As COVID-19 has dramatically changed the business landscape in New Zealand, many directors have been left wondering whether their efforts to save their businesses could expose them to personal liability for trading whilst insolvent. Recognising the pressures businesses are facing, the Government has announced it will seek temporary reforms to insolvency provisions under the Companies Act 1993 by introducing a safe harbour from insolvent trading. If passed, the safe harbour will provide welcome relief to directors who are facing significant liquidity issues.

In this article, we break down what the reforms mean for directors.

What are the insolvent trading provisions?

Under the Companies Act 1993, directors must not agree, cause or allow the business of a company to be carried on in a manner likely to create a substantial risk of serious loss to the company's creditors (section 135). Further, directors must not agree to the company incurring an obligation unless at that time he or she believes on reasonable grounds that the company will be able to perform the obligation when it is required to do so (section 136).

The consequences of breaching these duties are serious for directors, exposing them to personal liability. With the uncertainty surrounding how long the lockdown and Alert Level 4 will continue, directors facing significant liquidity issues are therefore putting themselves at personal risk if they continue to trade.

What is the safe harbour?

Wishing to avoid widespread premature business failure, the Government has proposed a safe harbour for directors from the insolvency provisions. Whilst subject to agreement by Parliament, under the safe harbour provisions, directors will not be in breach of the insolvency provisions for the next six months if they can demonstrate:

  • in the good faith opinion of the directors, the company is facing or is likely to face significant liquidity problems in the next 6 months as a result of the impact of COVID-19 on them or their creditors;
  • the company was able to pay its debt as they fell due on 31 December 2019; and
  • the directors consider in good faith that it is more likely than not that the company will be able to pay its debt as they fall due within 18 months.

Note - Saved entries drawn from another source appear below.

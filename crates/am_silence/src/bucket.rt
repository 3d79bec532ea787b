//! The place of a silence's bucket in the text of its matchers.

ghost use Rattle.std.specs.Prelude.{◌≡◌, ◌<◌, [], None, MatchOption, IsSomeAnd};
ghost use Rattle.std.specs.List.{list_any, find};
ghost use Rattle.am_wire.specs.Offsets.{Follows};
ghost use Rattle.am_silence.specs.Kinds.{is_regexp};
ghost use Rattle.am_silence.specs.MatcherTexts.{writes_matchers};
ghost use Rattle.am_silence.specs.Matchers.{writes_matcher, wants_label};
ghost use Rattle.am_silence.specs.Mesh.{bucket_of};

use crate::iter::{HasMatchers, MatcherIter};

/// Returns the offset of the bucket in the text of these matchers: the number of bytes before its length.
pub fn bucket_offset(matchers: MatcherIter<'_>) -> Option<usize>
    ensures { MatchOption result (bucket_of matchers.entry ≡ [])
        (λ at. (0 < at) × Follows at (bucket_of matchers.entry) (writes_matchers matchers.entry)) }
{
    if has_regexp(matchers.lent()) {
        return None;
    }
    first_wanting(matchers)
}

// Returns the offset of the length of the first matcher that wants a label.
fn first_wanting(matchers: MatcherIter<'_>) -> Option<usize>
    ensures { MatchOption result (find wants_label matchers.entry ≡ None) (λ at. (0 < at) ×
        IsSomeAnd (find wants_label matchers.entry) (λ m. Follows at (writes_matcher m) (writes_matchers matchers.entry))) }
{
    let len = matchers.as_text().len();
    let mut rest = matchers;
    let mut at = 0;
    while let Some(matcher) = rest.next() {
        if matcher.wants_label() {
            return Some(at + 1);
        }
        at = len - rest.as_text().len();
    }
    None
}

// Returns whether any matcher is a regular expression.
fn has_regexp(matchers: MatcherIter<'_>) -> bool
    ensures { result ≡ list_any (λ m. is_regexp m.kind) matchers.entry }
{
    for matcher in matchers {
        if matcher.kind().is_regexp() {
            return true;
        }
    }
    false
}
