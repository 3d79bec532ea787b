//! Identifiers of new silences.

ghost use Rattle.std.specs.Prelude.{◌≡◌};
ghost use Rattle.am_silence.specs.Ids.{id_text};

use std::marker::Model;
use std::str;
use uuid::Builder;

/// The text of an identifier, of 36 bytes. Contracts see their list.
#[derive(Clone, Copy)]
pub struct IdText {
    bytes: [u8; 36],
}

impl Model for IdText {
    ghost use Rattle.std.specs.Prelude.{List, ℕ};
    ghost use Rattle.std.specs.Str.{IsUtf8};

    ghost Value = { List ℕ };

    ghost view = { λ id. id.bytes };

    ghost invariant = { λ id. IsUtf8 id.bytes };

    ghost inverse = { λ bytes. record { bytes = bytes } };
}

impl IdText {
    /// Returns the identifier, in the form of RFC 9562.
    pub fn as_str(&self) -> &str
        ensures { result.now ≡ self.now }
    {
        str::from_utf8(&self.bytes).unwrap()
    }
}

/// Returns the text of the identifier made of these random bits: RFC 9562, version 4. Nothing is allocated.
pub fn fresh_id(bits: u128) -> IdText
    // PROMISE: A new identifier is a UUID of version 4.
    ensures { result ≡ id_text bits }
{
    let id = Builder::from_random_bytes(bits.to_be_bytes()).into_uuid();
    let mut buffer = [0u8; 36];
    let text = id.hyphenated().encode_lower(&mut buffer);
    let mut bytes = [0u8; 36];
    bytes.copy_from_slice(text.as_bytes());
    IdText { bytes }
}
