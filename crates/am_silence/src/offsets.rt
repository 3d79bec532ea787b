//! The writing of silences into a text, and the places of their parts in it.

ghost use Rattle.std.specs.Prelude.{◌≡◌, ℕ, ◌+◌, ◌<◌, ◌^◌, List, ◌++◌, length, All, OnOk, IfOk};
ghost use Rattle.am_wire.specs.Offsets.{StandsAt};
ghost use Rattle.am_silence.specs.MatcherTexts.{writes_matchers};
ghost use Rattle.am_silence.specs.Matchers.{IsMatcher};
ghost use Rattle.am_silence.specs.Mesh.{bucket_of};
ghost use Rattle.am_silence.specs.Offsets.{StandsBetween, StandIn};
ghost use Rattle.am_silence.specs.Silences.{writes_silence, IsSilence};

use crate::bucket::bucket_offset;
use crate::iter::{HasMatchers, MatcherIter};
use crate::sizes::SilenceFields;
use am_wire::reading::Offset;
use am_wire::writing::{write_message, write_part, write_text};
use std::alloc::AllocError;

/// The places of a silence's parts in a text: the beginning and the end of its matchers, and the offsets of the lengths of its
/// texts and of the bucket.
#[derive(Clone, Copy)]
pub struct Offsets {
    pub matchers: usize,
    pub matchers_end: usize,
    pub created_by: Offset,
    pub comment: Offset,
    pub bucket: Offset,
}

/// Appends a silence to a text, and returns the places of its parts in it.
///
/// # Errors
///
/// [`AllocError`] if memory runs out. Some of the text may have been written then.
#[tactic(auto, unfolding(crate::specs::Silences::writes_silence))]
pub fn write_silence<M: HasMatchers>(
    out: &mut Vec<u8>,
    fields: &SilenceFields<'_, M>,
) -> Result<Offsets, AllocError>
    ensures written { OnOk result (out.new.items ≡ out.old.items ++ writes_silence fields.now) }
    ensures value { OnOk result (IsSilence fields.now) }
    ensures places { IfOk result (λ places. StandIn fields.now places out.new.items) }
{
    write_text(out, 1, fields.id)?;
    let (matchers, matchers_end, bucket) = write_matchers(out, &fields.matchers.lent())?;
    write_message(out, 3, &fields.starts_at)?;
    write_message(out, 4, &fields.ends_at)?;
    write_message(out, 5, &fields.updated_at)?;
    let created_by = write_part(out, 8, fields.created_by.as_bytes())?;
    let comment = write_part(out, 9, fields.comment.as_bytes())?;
    Ok(Offsets {
        matchers,
        matchers_end,
        created_by,
        comment,
        bucket,
    })
}

// Appends matchers, and returns the places between which they are, and that of their bucket.
fn write_matchers(
    out: &mut Vec<u8>,
    matchers: &MatcherIter<'_>,
) -> Result<(usize, usize, Offset), AllocError>
    ensures written { OnOk result (out.new.items ≡ out.old.items ++ writes_matchers matchers.now) }
    ensures values { OnOk result (All IsMatcher matchers.now) }
    ensures between { IfOk result (λ places. StandsBetween places.0 places.1 (writes_matchers matchers.now) out.new.items) }
    ensures bucket { IfOk result (λ places. StandsAt (bucket_of matchers.now) places.2 out.new.items) }
{
    let start = out.len();
    out.extend_from_slice(matchers.as_text())?;
    let end = out.len();
    let bucket = bucket_place(start, matchers);
    Ok((start, end, bucket))
}

// Returns the place of the bucket of matchers whose text begins at `start`.
pub(crate) fn bucket_place(start: usize, matchers: &MatcherIter<'_>) -> Offset
    requires { start + length (writes_matchers matchers.now) < 2 ^ 64 }
    ensures { (front : List ℕ) → length front ≡ start →
        StandsAt (bucket_of matchers.now) result (front ++ writes_matchers matchers.now) }
{
    match bucket_offset(matchers.lent()) {
        Some(offset) => Offset {
            start: start + offset,
        },
        None => Offset { start: 0 },
    }
}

The Government will ask Parliament to apply the changes retrospectively, effective from 3 April 2020.

What does this mean for directors?

If enacted, directors will have some relief from the immediate threat of insolvent trading. However, it is not a get out of jail free card. The Government has made it clear that the purpose of the safe harbour is to protect businesses that were fundamentally sound prior to COVID-19, and not those who may have already been on shaky ground. It does not override general duties of care and obligations of good faith under the Companies Act 1993.

We recommend that directors keep in close contact with their professional financial and legal advisers during this time, particularly if they are concerned about the solvency of their company. Practical steps to improve cashflow include:

  • applying for the financial assistance packages from the Government, including the Wage Subsidy Scheme and the Business Finance Guarantee Scheme;
  • reducing operational expenses where possible;
  • negotiating extended payment terms with creditors;
  • restructuring bank debt;
  • having clear plans for coming in and out of each alert stage.

The Government is also developing a range of other insolvency reforms to provide temporary relief for businesses, including a debt hibernation scheme. We will publish more details on these as they come available.

The content of this article is intended to provide a general guide to the subject matter. Specialist advice should be sought about your specific circumstances.